Das Posting ist schon ein bisschen her, aber das Phänomen besteht immer noch (*thread aufwärm*). Hat jemand Ähnliches bemerkt? Sollte man den FileWriter eher meiden?


----------



## Wildcard (29. Okt 2008)

Wo bekommst du Kästchen?


----------



## Wolfgang Lenhard (29. Okt 2008)

Die Kästchen: Bei der Anzeige von Strings in der GUI, also z. B. bei JLabels oder auch Elemente in einer JList.

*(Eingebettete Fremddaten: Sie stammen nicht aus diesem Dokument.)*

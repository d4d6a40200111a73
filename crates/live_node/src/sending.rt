// The frames of news, as they are written to a link.
ghost use Rattle.std.specs.Prelude.{◌≡◌, OnOk, OnErr};
ghost use Rattle.std.specs.Io.KnownBytes.{append_known};
ghost use Rattle.mav_ports.specs.Counts.{Rose};
ghost use Rattle.mav_ports.specs.Puts.{SentPrefix};
ghost use Rattle.mav_nodes.specs.News.{said_by, events_of};
ghost use Rattle.live_node.specs.Texts.{frame_bytes, frames_text};
ghost use Rattle.live_node.specs.Ports.{SameRead};

use mav_links::{Link, write_prefix};
use mav_nodes::News;
use mav_ports::WriteFault;

// Writes some bytes, or a prefix of them if the link fails.
fn write<L: Link>(link: &mut L, bytes: &[u8]) -> Result<(), WriteFault>
    ensures sent { OnOk result ((L.state link.new).sent ≡ append_known (L.state link.old).sent bytes.now) }
    ensures prefix { SentPrefix (L.state link.old).sent (L.state link.new).sent bytes.now }
    ensures same { OnOk result ((L.state link.new).faults ≡ (L.state link.old).faults) }
    ensures rose { OnErr result (Rose (L.state link.old).faults (L.state link.new).faults) }
    ensures unread { SameRead (L.state link.old) (L.state link.new) }
{
    if write_prefix(link, bytes) == bytes.len() {
        Ok(())
    } else {
        Err(WriteFault)
    }
}

// The bytes of a piece of news' frame, if it has one.
fn frame_of(one: &News) -> &[u8]
    ensures { result.now ≡ frame_bytes (said_by one.now) }
{
    match one {
        News::Sent(frame, _) => frame.raw().bytes(),
        _ => &[],
    }
}

// Writes the frame of a piece of news, if it has one.
fn send_one<L: Link>(link: &mut L, one: &News) -> Result<(), WriteFault>
    ensures sent { OnOk result ((L.state link.new).sent ≡ append_known (L.state link.old).sent
        (frame_bytes (said_by one.now))) }
    ensures prefix { SentPrefix (L.state link.old).sent (L.state link.new).sent (frame_bytes (said_by one.now)) }
    ensures same { OnOk result ((L.state link.new).faults ≡ (L.state link.old).faults) }
    ensures rose { OnErr result (Rose (L.state link.old).faults (L.state link.new).faults) }
    ensures unread { SameRead (L.state link.old) (L.state link.new) }
{
    write(link, frame_of(one))
}

/// Writes the frames of news, in order.
pub(crate) fn send_news<L: Link>(link: &mut L, news: &[News]) -> Result<(), WriteFault>
    ensures sent { OnOk result ((L.state link.new).sent ≡ append_known (L.state link.old).sent
        (frames_text (events_of news.now))) }
    ensures prefix { SentPrefix (L.state link.old).sent (L.state link.new).sent (frames_text (events_of news.now)) }
    ensures same { OnOk result ((L.state link.new).faults ≡ (L.state link.old).faults) }
    ensures rose { OnErr result (Rose (L.state link.old).faults (L.state link.new).faults) }
    ensures unread { SameRead (L.state link.old) (L.state link.new) }
{
    for one in news {
        match send_one(link, one) {
            Ok(()) => {}
            Err(fault) => return Err(fault),
        }
    }
    Ok(())
}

Eigentlich immer dann, wenn Umlaute auftreten, sofern diese aus externen Dateien eingelesen werden, und die Datei (anders als die Workspace) nicht UTF-8-kodiert ist.  Das Ganze passiert unmittelbar beim Einlesen von Dateien mittels eines FileReaders: Die Fehler sind direkt in den Strings zu sehen, wenn ich mir das Ganze im Debugger ansehe.
Übrigens werden auch per FileWriter geschriebene Dateien im Encoding des Projekts geschrieben, und nicht im System-Encoding.


----------



## Wildcard (29. Okt 2008)

Vielleicht ist Ganymede einfach clever genug das System Encoding der gestarteten Java Instanz auf den Workspace Wer zu setzen. Ich würde mal darauf tippen das dies gesteuert wird durch die Launch Configuration -> Common -> Console Encoding: Default - Inherited


----------



## Wolfgang Lenhard (29. Okt 2008)

Tatsächlich! Vielen Dank!

Die Leute vom Eclipse-Projekt sind wirklich clever, auch wenn in diesem Fall die Wirkung etwas verwirrend war.


----------